Assignment
Here are some records; copy every line that holds the word "LEAST".

Records to use
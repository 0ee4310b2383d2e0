//! Choices by name.
ghost use Rattle.std.specs.Prelude.{◌≡◌, map};
ghost use Rattle.wf_block.specs.Grammar.{choice, one_of};
ghost use Rattle.wf_block.specs.ReadContract.{Gives};

use crate::fault::MapFault;
use crate::keyword::is_name;
use crate::parser::Parser;

/// The value of the first entry that has this name, without regard to ASCII letter case.
pub fn choose<T: Copy>(entries: &[(&str, T)], name: &[u8]) -> Option<T>
    ensures { result ≡ choice (map (λ entry. (entry.0.now, entry.1)) entries.now) name.now }
{
    for (entry, value) in entries {
        if is_name(name, entry) {
            return Some(*value);
        }
    }
    None
}

impl Parser<'_> {
    /// Reads one of a table's choices.
    #[tactic(auto, unfolding(crate::specs::Grammar::one_of))]
    pub fn one_of<T: Copy>(&mut self, entries: &[(&str, T)]) -> Result<T, MapFault>
        ensures { Gives (λ value. (value, self.new)) result
            (one_of (map (λ entry. (entry.0.now, entry.1)) entries.now) self.old) }
    {
        let token = self.argument()?;
        choose(entries, token.text).ok_or(MapFault::UnexpectedWord(token.byte_offset))
    }
}
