//! The parser: readers of the remaining tokens.
ghost use Rattle.std.specs.Prelude.{◌≡◌, ◌∷◌, [], drop, false, is_some, length, IfOk, MatchOption, MatchResult, Some, None, if◌then◌else◌};
ghost use Rattle.wf_text.specs.Text.{IsText, is_text};
ghost use Rattle.wf_text.specs.ValueList.{is_value_list};
ghost use Rattle.wf_block.specs.Token.{token_value, token_values};
ghost use Rattle.wf_block.specs.ReadContract.{Gives, is_memory};
ghost use Rattle.wf_block.specs.Grammar.{argument, end, number, text, value_list, whole, word};

use crate::fault::MapFault;
use crate::keyword::is_end;
use crate::place::{Block, Place};
use crate::token::{Token, TokenKind};
use std::alloc::Global;
use std::marker::Model;
use wf_text::{Micro, NumberFault, Text, TextFault, ValueList, Whole, check_list, check_text};

/// The remaining tokens of a file. Model: their values.
#[derive(Drop)]
pub struct Parser<'a> {
    alloc: Global,
    tokens: &'a [Token<'a>],
    at: usize,
    end: usize,
    place: Place,
}

impl<'a> Model for Parser<'a> {
    ghost use Rattle.std.specs.Prelude.{◌≤◌, List, drop, length};
    ghost use Rattle.wf_block.specs.Token.{Token, token_values};

    ghost Value = { List Token };

    ghost view = { λ p. token_values (drop p.at p.tokens.now) };

    ghost invariant = { λ p. p.at ≤ length p.tokens.now };
}

impl<'a> Parser<'a> {
    /// A parser of a file's tokens; `end` is the file's length in bytes.
    pub fn new(alloc: Global, tokens: &'a [Token<'a>], end: usize) -> Self
        ensures { result ≡ token_values tokens.now }
    {
        Parser {
            alloc,
            tokens,
            at: 0,
            end,
            place: Place::front(),
        }
    }

    /// The number of remaining tokens.
    pub fn len(&self) -> usize
        ensures { result ≡ length self.now }
    {
        self.tokens.len() - self.at
    }

    /// Takes the first remaining token.
    pub fn next(&mut self) -> Result<Token<'a>, MapFault>
        ensures { MatchResult result (λ t. self.old ≡ token_value t ∷ self.new)
            (λ e. (self.old ≡ []) × (is_memory e ≡ false)) }
    {
        if self.at == self.tokens.len() {
            return Err(self.missing_end());
        }
        let token = self.tokens[self.at];
        self.at += 1;
        Ok(token)
    }

    /// The allocator for the values that are read.
    pub fn alloc(&self) -> Global {
        self.alloc
    }

    /// The first remaining token, without taking it.
    pub fn peek(&self) -> Option<Token<'a>>
        ensures { MatchOption result (self.now ≡ [])
            (λ t. self.now ≡ token_value t ∷ drop 1 self.now) }
    {
        if self.at == self.tokens.len() {
            return None;
        }
        Some(self.tokens[self.at])
    }

    /// The byte offset of the first remaining token, or the file's length.
    pub fn byte_offset(&self) -> usize {
        match self.peek() {
            Some(token) => token.byte_offset,
            None => self.end,
        }
    }

    /// The byte offset of the token that was read last.
    fn last(&self) -> Option<usize> {
        if self.at == 0 {
            return None;
        }
        Some(self.tokens[self.at - 1].byte_offset)
    }

    /// Where the reader is.
    pub fn place(&self) -> Place {
        let mut place = self.place;
        place.last = self.last();
        place
    }

    /// Enters a block, behind the keyword that begins it, and returns where the reader was.
    pub fn enter(&mut self, block: Block) -> Place
        ensures { self.new ≡ self.old }
    {
        let outer = self.place;
        self.place.block = Some(block);
        self.place.begin = self.last().unwrap_or(0);
        self.place.keyword = None;
        outer
    }

    /// Leaves a block, behind its END, for where the reader was before it.
    pub fn leave(&mut self, outer: Place)
        ensures { self.new ≡ self.old }
    {
        let ended = self.place.block;
        self.place = outer;
        self.place.ended = ended;
        self.place.lacking = None;
    }

    /// Says which keyword the block that ended last requires and doesn't have.
    pub fn lacks(&mut self, keyword: Option<&'static str>)
        ensures { self.new ≡ self.old }
    {
        self.place.lacking = keyword;
    }

    /// Says at or behind which keyword, or what stands for one, the reader is.
    pub fn at_keyword(&mut self, byte_offset: Option<usize>)
        ensures { self.new ≡ self.old }
    {
        self.place.keyword = byte_offset;
    }

    /// The error of a file that ends too early.
    pub fn missing_end(&self) -> MapFault
        ensures { is_memory result ≡ false }
    {
        MapFault::MissingEnd(self.end)
    }

    /// Reads an argument: a string, or a word other than END.
    #[tactic(auto, unfolding(crate::specs::Grammar::argument))]
    pub fn argument(&mut self) -> Result<Token<'a>, MapFault>
        ensures { Gives (λ t. (t.text.now, self.new)) result (argument self.old) }
    {
        let token = self.next()?;
        match token.kind {
            TokenKind::Quoted => Ok(token),
            TokenKind::Word => {
                if is_end(token.text) {
                    Err(MapFault::UnexpectedWord(token.byte_offset))
                } else {
                    Ok(token)
                }
            }
            TokenKind::Braced => Err(MapFault::UnexpectedWord(token.byte_offset)),
        }
    }

    /// Reads a word, such as a keyword.
    #[tactic(auto, unfolding(crate::specs::Grammar::word))]
    pub fn word(&mut self) -> Result<Token<'a>, MapFault>
        ensures { Gives (λ t. (t.text.now, self.new)) result (word self.old) }
    {
        let token = self.next()?;
        match token.kind {
            TokenKind::Quoted | TokenKind::Braced => Err(MapFault::UnexpectedWord(
                token.byte_offset,
            )),
            TokenKind::Word => Ok(token),
        }
    }

    /// Reads a keyword of a block, or its END.
    pub fn keyword(&mut self) -> Result<Token<'a>, MapFault>
        ensures { Gives (λ t. (t.text.now, self.new)) result (word self.old) }
    {
        self.at_keyword(None);
        let word = self.word()?;
        self.at_keyword(Some(word.byte_offset));
        Ok(word)
    }

    /// Reads the END of a block.
    #[tactic(auto, unfolding(crate::specs::Grammar::end))]
    pub fn end(&mut self) -> Result<(), MapFault>
        ensures { Gives (λ _. self.new) result (end self.old) }
    {
        let word = self.word()?;
        if is_end(word.text) {
            Ok(())
        } else {
            Err(MapFault::UnexpectedWord(word.byte_offset))
        }
    }

    /// Whether the block's END is next.
    #[tactic(auto, unfolding(crate::specs::Grammar::end, crate::specs::Grammar::word))]
    pub fn is_at_end(&self) -> bool
        ensures { result ≡ is_some (end self.now) }
    {
        match self.peek() {
            None => false,
            Some(token) => match token.kind {
                TokenKind::Quoted | TokenKind::Braced => false,
                TokenKind::Word => is_end(token.text),
            },
        }
    }

    /// Reads a text.
    #[tactic(auto, unfolding(crate::specs::Grammar::text))]
    pub fn text(&mut self) -> Result<Text, MapFault>
        ensures { Gives (λ t. (t, self.new)) result (text self.old) }
    {
        let token = self.argument()?;
        self.text_at(token.text, token.byte_offset)
    }

    /// Reads a text without copying it from the file.
    #[tactic(auto, unfolding(crate::specs::Grammar::text))]
    pub fn text_there(&mut self) -> Result<&'a str, MapFault>
        ensures read { Gives (λ t. (t.now, self.new)) result (text self.old) }
        ensures within { IfOk result (λ t. IsText t.now) }
    {
        let token = self.argument()?;
        text_of(token.text, token.byte_offset)
    }

    /// The bytes of a token as a text.
    pub fn text_at(&self, bytes: &[u8], byte_offset: usize) -> Result<Text, MapFault>
        ensures { Gives (λ t. t) result (if is_text bytes.now then Some bytes.now else None) }
    {
        let text = text_of(bytes, byte_offset)?;
        Ok(Text::from_str(self.alloc, text)?)
    }

    /// Reads a list in braces.
    #[tactic(auto, unfolding(crate::specs::Grammar::value_list))]
    pub fn value_list(&mut self) -> Result<ValueList, MapFault>
        ensures { Gives (λ l. (l, self.new)) result (value_list self.old) }
    {
        let token = self.next()?;
        match token.kind {
            TokenKind::Braced => self.value_list_at(token.text, token.byte_offset),
            TokenKind::Word | TokenKind::Quoted => Err(MapFault::UnexpectedWord(token.byte_offset)),
        }
    }

    /// The bytes of a token as the inside of a list.
    fn value_list_at(&self, bytes: &[u8], byte_offset: usize) -> Result<ValueList, MapFault>
        ensures { Gives (λ l. l) result (if is_value_list bytes.now then Some bytes.now else None) }
    {
        match check_list(bytes) {
            Some(inside) => Ok(ValueList::from_str(self.alloc, inside)?),
            None => Err(MapFault::BadToken(byte_offset)),
        }
    }

    /// Reads a number.
    #[tactic(auto, unfolding(crate::specs::Grammar::number))]
    pub fn number(&mut self) -> Result<Micro, MapFault>
        ensures { Gives (λ n. (n, self.new)) result (number self.old) }
    {
        let token = self.argument()?;
        match Micro::read(token.text) {
            Ok(number) => Ok(number),
            Err(NumberFault::BadNumber) => Err(MapFault::BadNumber(token.byte_offset)),
            Err(NumberFault::OutOfRange) => Err(MapFault::OutOfRange(token.byte_offset)),
        }
    }

    /// Reads an integer from `LEAST` to `MOST`.
    #[tactic(auto, unfolding(crate::specs::Grammar::whole))]
    pub fn whole<const LEAST: u8, const MOST: u8>(&mut self) -> Result<Whole<LEAST, MOST>, MapFault>
        ensures { Gives (λ n. (n, self.new)) result (whole LEAST MOST self.old) }
    {
        let byte_offset = self.byte_offset();
        let number = self.number()?;
        Whole::from_micro(number).ok_or(MapFault::OutOfRange(byte_offset))
    }
}

/// The bytes of a token as a text.
fn text_of(bytes: &[u8], byte_offset: usize) -> Result<&str, MapFault>
    ensures read { Gives (λ t. t.now) result (if is_text bytes.now then Some bytes.now else None) }
    ensures within { IfOk result (λ t. IsText t.now) }
{
    match check_text(bytes) {
        Ok(text) => Ok(text),
        Err(TextFault::TooLong) => Err(MapFault::OutOfRange(byte_offset)),
        Err(_) => Err(MapFault::BadToken(byte_offset)),
    }
}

Reply to the task
    /// Reads an integer from `LEAST` to `MOST`.
    pub fn whole<const LEAST: u8, const MOST: u8>(&mut self) -> Result<Whole<LEAST, MOST>, MapFault>
        ensures { Gives (λ n. (n, self.new)) result (whole LEAST MOST self.old) }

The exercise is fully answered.